(Stored data entries)
%%

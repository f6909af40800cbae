// Rows put from the last down, each at its place: what stands behind it moves up first, once.
ghost use Rattle.std.specs.Prelude.{◌≤◌, ◌≡◌, ◌+◌, length};
ghost use Rattle.rules.specs.Refusals.{max_pairs};
ghost use Rattle.order.specs.Walks.{moved};
ghost use Rattle.store.specs.Places.{index_of, behind_of};
ghost use Rattle.defining.specs.Putting.{Opens, Puts};

// The place itself, whether it is taken or free.
fn index(place: Result<usize, usize>) -> usize
    ensures { result ≡ index_of place }
{
    match place {
        Ok(i) | Err(i) => i,
    }
}

// Where the rows behind a place begin: behind the row that stands there, or at the place.
fn behind(place: Result<usize, usize>) -> usize
    requires { behind_of place ≤ max_pairs }
    ensures { result ≡ behind_of place }
{
    match place {
        Ok(i) => i + 1,
        Err(i) => i,
    }
}

// The rows from `from` on and before `to` move up by so many places. Where nothing new comes none is copied onto itself.
fn move_up<R: Copy>(rows: &mut [R], from: usize, to: usize, by: usize)
    requires { (from ≤ to) × (to + by ≤ length rows.old) }
    ensures { rows.new ≡ moved by from to rows.old }
{
    if 0 < by {
        rows.copy_within(from..to, from + by);
    }
}

// How far rows are put, from the last down: so many stand as they were before the last that was put, and so many new ones come among them.
// Stays: two counts, and no twin of store's Stretch, which has two places.
#[derive(Clone, Copy)]
pub struct Step {
    pub left: usize,
    pub by: usize,
}

impl Step {
    // A row is put at its place among those that stand as they were; what stands behind the place moves up first, once.
    pub fn put<R: Copy>(self, rows: &mut [R], place: Result<usize, usize>, row: R) -> Step
        requires { Opens place self.left self.by rows.old }
        ensures { Puts place self.left self.by row rows.old rows.new result }
    {
        let left = index(place);
        let from = behind(place);
        move_up(rows, from, self.left, self.by);
        let at = from + self.by - 1;
        rows[at] = row;
        Step {
            left,
            by: at - left,
        }
    }
}
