// How a slip is written (docs/FORMATS.md, 'The slip'): judged for check.

#![tactic(auto)]

ghost use Rattle.std.specs.Prelude.{◌≡◌, ◌≤◌, [], length, IfOk, IfErr, OnErr};
ghost use Rattle.varint.specs.Varint.{got, refuse};
ghost use Rattle.varint.specs.Refusal.{number_of};
ghost use Rattle.varint.specs.declared.refusal.Refusal.TheVariants.{BadSlip};
ghost use Rattle.sheet.specs.Slip.{read_list, read_slip};
ghost use Rattle.slip_reader.specs.Form.{numbers_in, slip_in, read_parts};

pub mod claim;
pub mod form;

pub use claim::Claim;
pub use form::{NumberList, SlipForm};
use numbers::section;
use numbers::section::Plain;
use varint::{Bytes, Refusal};

impl NumberList<'_> {
    // Reads the numbers over the front of `out`, and gives them back.
    pub fn read<'b>(&self, out: &'b mut [u32]) -> &'b [u32]
        requires { self.now.count ≤ length out.old }
        ensures { result.now ≡ numbers_in self.now }
    {
        let listed = &mut out[..self.count as usize];
        let _ = section::read_all(&Plain, &mut Bytes { rest: self.bytes }, listed);
        listed
    }
}

// Takes a list: a count, and as many numbers; or nothing where one of them is refused.
#[tactic(auto, unfolding(sheet::specs::Slip::read_list, varint::specs::Varint::after))]
fn take_list<'a>(bytes: &mut Bytes<'a>) -> Result<NumberList<'a>, Refusal>
    ensures got { IfOk result (λ list. read_list bytes.old.rest.now ≡ got (numbers_in list) bytes.new.rest.now) }
    ensures refused { IfErr result (λ why. read_list bytes.old.rest.now ≡ refuse (number_of why)) }
    ensures kept { OnErr result (bytes.new.rest.now ≡ bytes.old.rest.now) }
{
    let mut ahead = *bytes;
    let count = ahead.take_number()?;
    let listed = ahead.rest;
    section::skip_numbers(&mut ahead, count as usize)?;
    *bytes = ahead;
    Ok(NumberList {
        count,
        bytes: listed,
    })
}

// Reads the claim and the two lists, up to the first fault.
#[tactic(auto, unfolding(crate::specs::Form::read_parts, varint::specs::Varint::number, varint::specs::Varint::judged, varint::specs::Varint::after, sheet::specs::Slip::slip_goals, sheet::specs::Slip::slip_reasons, sheet::specs::Slip::slip_end))]
fn read_form(slip: &[u8]) -> Result<SlipForm, Refusal>
    ensures got { IfOk result (λ form. read_parts slip.now ≡ got (slip_in form) []) }
    ensures refused { IfErr result (λ why. read_parts slip.now ≡ refuse (number_of why)) }
{
    let mut bytes = Bytes { rest: slip };
    let claim = Claim::try_from(bytes.take_number()?)?;
    let goals = take_list(&mut bytes)?;
    let reasons = take_list(&mut bytes)?;
    if !bytes.rest.is_empty() {
        return Err(Refusal::BadSlip);
    }
    Ok(SlipForm {
        claim,
        goals,
        reasons,
    })
}

// Judges how a slip is written; whatever is wrong with it, the refusal is the one for a badly written slip.
#[tactic(auto, unfolding(sheet::specs::Slip::read_slip, sheet::specs::Slip::as17, crate::specs::Form::read_parts))]
pub fn judge_slip(slip: &[u8]) -> Result<SlipForm, Refusal>
    ensures got { IfOk result (λ form. read_slip slip.now ≡ got (slip_in form) []) }
    ensures refused { IfErr result (λ why. (why ≡ BadSlip) × (read_slip slip.now ≡ refuse 17)) }
{
    read_form(slip).map_err(|_| Refusal::BadSlip)
}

%%

* _What you are asked to do_:
Return all lines of the data in which the string "Opens" appears.

* _Answer to the exercise_:
ghost use Rattle.defining.specs.Putting.{Opens, Puts};
        requires { Opens place self.left self.by rows.old }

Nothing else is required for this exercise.